What is Tax-Loss Selling?
Written by The Inspired Investor Team | Published on December 18, 2020
Written by The Inspired Investor Team | Published on December 18, 2020
Updated December 2024
Tax-loss selling, or tax-loss harvesting, is a strategy that allows investors to use investment losses incurred in their non-registered accounts to offset the taxes on taxable capital gains.
The strategy involves selling underperforming investments – they could be stocks, bonds, mutual funds and exchange-traded funds (ETFs) – and using the capital loss to offset any capital gains realized that tax year. (You can also apply losses against gains from the three prior tax years or carry them forward indefinitely to counter gains in future years.)1
Many investors deploy this strategy near the end of the calendar year, as that’s often the time when people start thinking about ways to mitigate the current year’s tax hit.
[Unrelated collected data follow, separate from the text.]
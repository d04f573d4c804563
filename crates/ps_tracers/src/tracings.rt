//! What plays games and has their keys told.

ghost use Rattle.std.specs.Prelude.{◌≡◌, false};
ghost use Rattle.ps_devices.specs.Answers.{level_answer_of};
ghost use Rattle.ps_tracers.specs.TracedRuns.{RunsFrom, RunsTraced};

use ps_devices::{ByteReader, ByteWriter, LevelFault, Player};
use ps_model::Ending;
use std::alloc::Global;

/// A text, and from where on its game is played.
#[derive(Clone, Copy)]
pub struct Start<'t> {
    pub text: &'t [u8],
    /// The number of the level at which it begins, from 1, if it doesn't at its start.
    pub level: Option<usize>,
}

/// Plays the game of a text by a player, from where it begins.
///
/// # Errors
///
/// Those of the player. From its start, no game lacks a level.
pub fn play_from<P: Player, I: ByteReader, W: ByteWriter>(
    alloc: Global,
    player: &P,
    start: Start<'_>,
    reader: &mut I,
    writer: &mut W,
) -> Result<Ending, LevelFault>
    requires heard { (I.state reader.old).has_failed ≡ false }
    requires well { (W.state writer.old).has_failed ≡ false }
    ensures { RunsFrom start.entry.text.now start.entry.level (I.state reader.old) (I.state reader.new)
        (W.state writer.old) (W.state writer.new) (level_answer_of result) }
{
    match start.level {
        Some(level) => player.play_from_level(alloc, start.text, level, reader, writer),
        None => match player.play(alloc, start.text, reader, writer) {
            Ok(ending) => Ok(ending),
            Err(fault) => Err(LevelFault::Run(fault)),
        },
    }
}

/// What plays games as a [`Player`] does, and tells of each key before it is played, by lines that go where it has them
/// go. What is played is right whatever they say; nothing is promised of what they say.
pub trait Tracing {
    /// Plays the game of a text from where it begins: reads keys from `reader`, tells of them, and writes frames to
    /// `writer`.
    ///
    /// # Errors
    ///
    /// Those of a player. Where lines can't be made or written, none are any more, and the game goes on.
    fn play<I: ByteReader, W: ByteWriter>(
        &self,
        alloc: Global,
        start: Start<'_>,
        reader: &mut I,
        writer: &mut W,
    ) -> Result<Ending, LevelFault>
        requires heard { (I.state reader.old).has_failed ≡ false }
        requires well { (W.state writer.old).has_failed ≡ false }
        ensures rightly { RunsTraced start.entry.text.now start.entry.level (I.state reader.old) (W.state writer.old)
            (W.state writer.new) (level_answer_of result) };
}

/// Plays games by a player, and tells nothing.
#[derive(Drop)]
pub struct Untraced<'p, P: Player> {
    pub player: &'p P,
}

impl<'p, P: Player> Tracing for Untraced<'p, P> {
    fn play<I: ByteReader, W: ByteWriter>(
        &self,
        alloc: Global,
        start: Start<'_>,
        reader: &mut I,
        writer: &mut W,
    ) -> Result<Ending, LevelFault> {
        play_from(alloc, self.player, start, reader, writer)
    }
}
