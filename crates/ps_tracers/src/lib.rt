//! Keys of which something is told before they are played.
//!
//! [`TracedKeys`] are a reader above another one. Whatever plays games reads them as it reads any keys, and plays what
//! it would play without them: a tracer tells of each byte by lines of its own, on a writer of its own, before the
//! byte is given.
#![tactic(auto)]

mod counts;
mod keys;
mod tracers;
mod tracings;

pub use keys::TracedKeys;
pub use ps_devices::{ByteReader, ByteWriter, Failed, LevelFault, Player, RunFault};
pub use tracers::Tracer;
pub use tracings::{Start, Tracing, Untraced, play_from};
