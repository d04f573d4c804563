//! What a reader tells of its calls.

ghost use Rattle.std.specs.Prelude.{◌≡◌, ◌≢◌, ◌+◌, ◌≤◌, ◌<◌, false, true, OnOk, OnErr};
ghost use Rattle.ps_model.specs.declared.limits.TheConstants.{CALL_LIMIT};
ghost use Rattle.ps_devices.specs.Devices.{most_calls};

use ps_devices::Failed;
use ps_model::CALL_LIMIT;

/// What is counted of a reader's calls. It has whether one has failed, how many bytes the last one gave, and how many
/// calls there were. It has how many of them gave nothing without failing, and how many had room for another number of
/// bytes than `CALL_LIMIT`.
#[derive(Drop)]
pub struct Counts {
    pub failed: bool,
    pub last: usize,
    pub calls: u64,
    pub empty_calls: u64,
    pub odd_sized_calls: u64,
    ghost empty: { empty_calls ≤ calls },
    ghost odd_sized: { odd_sized_calls ≤ calls },
}

impl Counts {
    /// Before the first call.
    pub fn new() -> Counts
        ensures failed { result.failed ≡ false }
        ensures last { result.last ≡ 0 }
        ensures calls { result.calls ≡ 0 }
        ensures empty_calls { result.empty_calls ≡ 0 }
        ensures odd_sized_calls { result.odd_sized_calls ≡ 0 }
    {
        Counts {
            failed: false,
            last: 0,
            calls: 0,
            empty_calls: 0,
            odd_sized_calls: 0,
        }
    }

    /// Counts one more call, with room for `room` bytes. It fails where the count can't grow.
    pub fn begin(&mut self, room: usize) -> Result<(), Failed>
        ensures last { self.new.last ≡ 0 }
        ensures well { OnOk result (self.new.failed ≡ self.old.failed) }
        ensures told { OnErr result (self.new.failed ≡ true) }
        ensures counted { OnOk result (self.new.calls ≡ self.old.calls + 1) }
        ensures room { OnOk result (self.old.calls < most_calls) }
        ensures worn { OnErr result (most_calls ≤ self.old.calls) }
        ensures held { OnErr result (self.new.calls ≡ self.old.calls) }
        ensures empty { self.new.empty_calls ≡ self.old.empty_calls }
        ensures odd_sized { OnOk result (room ≢ CALL_LIMIT → self.new.odd_sized_calls ≡ self.old.odd_sized_calls + 1) }
        ensures even_sized { OnOk result (room ≡ CALL_LIMIT → self.new.odd_sized_calls ≡ self.old.odd_sized_calls) }
        ensures uncounted { OnErr result (self.new.odd_sized_calls ≡ self.old.odd_sized_calls) }
    {
        self.last = 0;
        if self.calls == u64::MAX {
            self.failed = true;
            return Err(Failed);
        }
        self.calls += 1;
        if room != CALL_LIMIT {
            self.odd_sized_calls += 1;
        }
        Ok(())
    }

    /// The call that is counted has given `count` bytes.
    pub fn gave(&mut self, count: usize)
        requires { self.old.empty_calls < self.old.calls }
        ensures last { self.new.last ≡ count }
        ensures failed { self.new.failed ≡ self.old.failed }
        ensures calls { self.new.calls ≡ self.old.calls }
        ensures empty { count ≡ 0 → self.new.empty_calls ≡ self.old.empty_calls + 1 }
        ensures some { 0 < count → self.new.empty_calls ≡ self.old.empty_calls }
        ensures odd_sized { self.new.odd_sized_calls ≡ self.old.odd_sized_calls }
    {
        self.last = count;
        if count == 0 {
            self.empty_calls += 1;
        }
    }

    /// The call that is counted has failed.
    pub fn fail(&mut self)
        ensures last { self.new.last ≡ self.old.last }
        ensures failed { self.new.failed ≡ true }
        ensures calls { self.new.calls ≡ self.old.calls }
        ensures empty { self.new.empty_calls ≡ self.old.empty_calls }
        ensures odd_sized { self.new.odd_sized_calls ≡ self.old.odd_sized_calls }
    {
        self.failed = true;
    }
}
It’s also a natural time to review and consider rebalancing a portfolio.
Sales of securities must also settle within the calendar year for it to offset capital gains realized in the same year (or from the previous three years). Be mindful that your sell trade settles in the calendar year: as of May 2024, most trades now settle within one day instead of two, but with markets closed on Christmas and Boxing Day and with a weekend often falling before New Year’s Eve, if you’re not paying attention, from the CRA’s perspective you could end up accidentally settling that trade in the next calendar year.
When a loss isn’t a loss
If you’re thinking about dropping a company to realize a loss and then buy it back the next day, think again. The Superficial Loss Rule2 states that you can’t deduct the capital loss if you buy (or purchase a right to buy) an identical security within 30 days of the settlement date of your sale transaction. This means you can’t buy the asset 30 days before or 30 days after your settlement date. Violating the rule means your tax benefit would effectively be cancelled. The rule also states that “affiliates" can’t make a purchase. That includes a spouse or common-law partner or a corporation you or a spouse controls.
As to what an identical security3 means, that’s shares in the same company you just sold, units of the same ETF or mutual fund, or a competitor ETF or mutual fund that invests in the exact index you owned.
That doesn’t mean you can’t hold a stock or fund that invests in a similar stock or sector, or a fund that holds a stock you just sold. For instance, say you sold an energy-sector stock; you can purchase an energy sector ETF that holds that same company. You can also buy another energy stock that may have similar properties and fundamentals to the one you sold. You just can’t repurchase the exact same asset.
Important factors to keep in mind
When it comes to tax strategies, it is critical to remember that circumstances vary from individual to individual. While no set of guidelines applies to every investor, investors should keep a few things in mind.
First, consult with a tax specialist before planning or enacting a tax-loss strategy. It’s also a good idea to monitor end-of-year deadlines for completing a tax-loss sale to ensure the transaction is completed before the year ends (if that’s what you want).
To make sure you’re not running afoul of the superficial loss rule, check your recent transaction history under Trade & Transfer > Transactions > View Activity to confirm your transactions over the past 30 days (and more).
Do the math, too. Any potential capital gain distributions paid by a particular ETF or mutual fund during the year may offset some, or all, capital losses harvested.
Saying all that, tax loss selling is a strategy that people who own assets in a non-registered account have employed for years. Talk to an expert to make the most of it.
1. Source: Government of Canada, “How do you use a capital loss”, January 2024
2. Source: RBC Wealth Management, “Tax-loss selling – building a better understanding”, 2024
3. Source: RBC Global Asset Management, “Turning losses into tax advantages”, 2024
The information provided in this article is for general purposes only and does not constitute personal financial or tax advice. Please consult with your own professional advisor to discuss your specific financial and tax needs.